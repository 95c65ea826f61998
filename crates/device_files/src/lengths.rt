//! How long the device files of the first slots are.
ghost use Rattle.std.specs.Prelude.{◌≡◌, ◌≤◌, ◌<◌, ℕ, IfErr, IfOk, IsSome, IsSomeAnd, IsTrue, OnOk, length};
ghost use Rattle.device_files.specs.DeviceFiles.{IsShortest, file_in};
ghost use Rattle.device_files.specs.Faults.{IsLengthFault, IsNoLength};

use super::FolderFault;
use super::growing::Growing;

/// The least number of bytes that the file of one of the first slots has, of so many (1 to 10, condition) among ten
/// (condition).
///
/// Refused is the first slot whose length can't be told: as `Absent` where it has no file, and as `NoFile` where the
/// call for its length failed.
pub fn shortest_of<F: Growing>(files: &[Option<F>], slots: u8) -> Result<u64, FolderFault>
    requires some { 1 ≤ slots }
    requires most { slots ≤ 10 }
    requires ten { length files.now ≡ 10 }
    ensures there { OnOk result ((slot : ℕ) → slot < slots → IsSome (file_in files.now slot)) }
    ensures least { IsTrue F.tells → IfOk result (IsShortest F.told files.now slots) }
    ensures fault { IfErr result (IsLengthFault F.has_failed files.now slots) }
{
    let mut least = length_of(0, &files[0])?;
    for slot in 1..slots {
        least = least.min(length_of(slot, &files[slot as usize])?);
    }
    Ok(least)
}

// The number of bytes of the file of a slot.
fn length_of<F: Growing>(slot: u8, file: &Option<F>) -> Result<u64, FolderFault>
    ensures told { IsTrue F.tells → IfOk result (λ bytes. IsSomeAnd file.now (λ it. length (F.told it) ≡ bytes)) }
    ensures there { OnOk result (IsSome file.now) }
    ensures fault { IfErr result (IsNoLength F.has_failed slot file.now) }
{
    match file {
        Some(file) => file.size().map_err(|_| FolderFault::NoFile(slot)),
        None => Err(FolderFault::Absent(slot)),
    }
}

> [Prompt]: Return only the part of the records above that opens with the line containing "pub fn shortest_of<F: Growing>(files: &[Option<F>], slots: u8)" and closes with the line containing "let mut least = length_of(0, &files[0])?;", ends included.

> [Task solution]:
pub fn shortest_of<F: Growing>(files: &[Option<F>], slots: u8) -> Result<u64, FolderFault>
    requires some { 1 ≤ slots }
    requires most { slots ≤ 10 }
    requires ten { length files.now ≡ 10 }
    ensures there { OnOk result ((slot : ℕ) → slot < slots → IsSome (file_in files.now slot)) }
    ensures least { IsTrue F.tells → IfOk result (IsShortest F.told files.now slots) }
    ensures fault { IfErr result (IsLengthFault F.has_failed files.now slots) }
{
    let mut least = length_of(0, &files[0])?;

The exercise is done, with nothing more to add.